# Diesel created by combining hydrogen from water, and carbon from the air!



## Charles Martel (Mar 10, 2014)

Audi just created diesel fuel from air and water

This is a potentially game changing development. During my second semester of inorganic chemistry, I asked my professor why we couldn't just pull atmospheric C02 out of the air, separate the carbon and the oxygen using energy derived from a green energy source, and combine it with hydrogen derived from water to form long-chain hydrocarbons. He assured me it couldn't be done.

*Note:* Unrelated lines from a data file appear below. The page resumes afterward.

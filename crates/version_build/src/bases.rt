//! The components of a former version that those to be built came of.
//!
//! An edit blocks or frees a few cells, and most rows of their component stay as they were. So what is built begins from
//! the rows of the component that it came of. These are hints, and no proof speaks of them: a row that is known is
//! right whatever it was found from.

ghost use Rattle.std.specs.Prelude.{IfOk, IfSome};
ghost use Rattle.build_pool.specs.Places.{AreSources};
ghost use Rattle.build_pool.specs.Pieces.{AreSome};

use crate::building::FEW_CELLS;
use build_pool::KnownRows;
use cell_order::OrderKind;
use components::Labels;
use kept_rows::rows_after;
use lane_rows::Near;
use moves::Cell;
use row_store::{CompData, RowPool};
use std::alloc::{AllocError, Global};
use std::sync::Arc;
use versions::Version;

/// How many of a component's cells, spread over its list, tell which one it came of. Some may have been freed just now,
/// and were in none then; and some may be of a small one that an edit joined to it.
const PROBES: usize = 8;

/// For each component of a map the former version's that it came of, where that is known and worth a look.
#[derive(Drop)]
pub(crate) struct Bases {
    comps: Vec<Option<Arc<CompData>>>,
}

impl Bases {
    /// What the components that are to be built came of. In another order than row by row one cell less or more moves
    /// most places of a row, and nothing is looked for.
    ///
    /// # Errors
    ///
    /// `AllocError` where memory runs out.
    pub(crate) fn of(
        alloc: Global,
        former: Option<&Version>,
        kind: OrderKind,
        labels: &Labels,
        kept: &[Option<Arc<CompData>>],
    ) -> Result<Bases, AllocError> {
        let mut comps = Vec::new(alloc);
        if let Some(version) = former
            && version.kind() == kind
            && kind == OrderKind::Rows
        {
            for label in 0..labels.count() {
                let is_kept = is_kept(kept, label as usize);
                comps.push(base_of(version, labels.cells(label), is_kept)?)?;
            }
        }
        Ok(Bases { comps })
    }

    /// What the component with that number came of.
    pub(crate) fn base(&self, label: usize) -> Base<'_> {
        match self.comps.get(label) {
            Some(comp) => Base::of(comp),
            None => Base { former: None },
        }
    }
}

/// Whether the component with that number is kept as a whole.
fn is_kept(kept: &[Option<Arc<CompData>>], label: usize) -> bool {
    match kept.get(label) {
        Some(comp) => comp.is_some(),
        None => false,
    }
}

/// What a component came of; `None` for one that is kept or small.
fn base_of(
    former: &Version,
    cells: &[Cell],
    is_kept: bool,
) -> Result<Option<Arc<CompData>>, AllocError> {
    if is_kept || cells.len() < FEW_CELLS {
        return Ok(None);
    }
    match greatest_with(former, cells) {
        Some(comp) => Ok(Some(Arc::try_clone(comp)?)),
        None => Ok(None),
    }
}

/// The greatest of the former version's components that have one of some cells, spread over a list.
fn greatest_with<'a>(former: &'a Version, cells: &[Cell]) -> Option<&'a Arc<CompData>> {
    let mut greatest = None;
    for number in 0..PROBES {
        let place = number.wrapping_mul(cells.len() / PROBES);
        if place < cells.len() {
            greatest = greater(greatest, comp_with(former, cells[place]));
        }
    }
    greatest
}

/// The one of two components that has more cells, the first where they have as many.
fn greater<'a>(
    first: Option<&'a Arc<CompData>>,
    second: Option<&'a Arc<CompData>>,
) -> Option<&'a Arc<CompData>> {
    if count_of(second) > count_of(first) {
        second
    } else {
        first
    }
}

/// How many cells a component has, if there is one.
fn count_of(comp: Option<&Arc<CompData>>) -> usize {
    match comp {
        Some(comp) => comp.cells().len(),
        None => 0,
    }
}

/// The former version's component that has the cell.
fn comp_with(former: &Version, cell: Cell) -> Option<&Arc<CompData>> {
    match former.labels().of(cell) {
        Some(label) => former.comps().get(label as usize),
        None => None,
    }
}

/// The former component that a component came of, if there is one: the rows that stay are known.
#[derive(Clone, Copy)]
pub(crate) struct Base<'a> {
    former: Option<&'a CompData>,
}

impl<'a> Base<'a> {
    /// The rows of this component are looked at, if there is one.
    fn of(comp: &'a Option<Arc<CompData>>) -> Base<'a> {
        match comp {
            Some(comp) => Base { former: Some(comp) },
            None => Base { former: None },
        }
    }

    /// The rows of the cells, which are all cells of a component in its order, that stay as they were; `None` where
    /// there is no former component, or none of its rows is known to stay.
    ///
    /// # Errors
    ///
    /// `AllocError` where memory runs out.
    pub(crate) fn rows(self, alloc: Global, cells: &[Cell]) -> Result<Option<RowPool>, AllocError>
        requires { AreSources cells.now }
        ensures { IfOk result (λ known. IfSome known (AreSome cells.now)) }
    {
        let Some(former) = self.former else {
            return Ok(None);
        };
        let near = Near::of(alloc, cells)?;
        rows_after(alloc, former, cells, &near)
    }
}

impl<'a> KnownRows for Base<'a> {
    fn known(
        &self,
        alloc: Global,
        cells: &[Cell],
        near: &Near,
    ) -> Result<Option<RowPool>, AllocError> {
        match self.former {
            Some(former) => rows_after(alloc, former, cells, near),
            None => Ok(None),
        }
    }
}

Apparently the Germans disagree.

In many ways, this fuel is the best of both worlds. It possesses the energy density of a "non-renewable" fossil fuel with very few of the potential drawbacks. You capture carbon from the atmosphere and return it to the atmosphere when you burn it (there will be no net increase in atmospheric C02 levels with this fuel). Moreover, it's totally renewable, and due to its purity, there will be no generation of Sulphur dioxide, and far fewer particulate emissions.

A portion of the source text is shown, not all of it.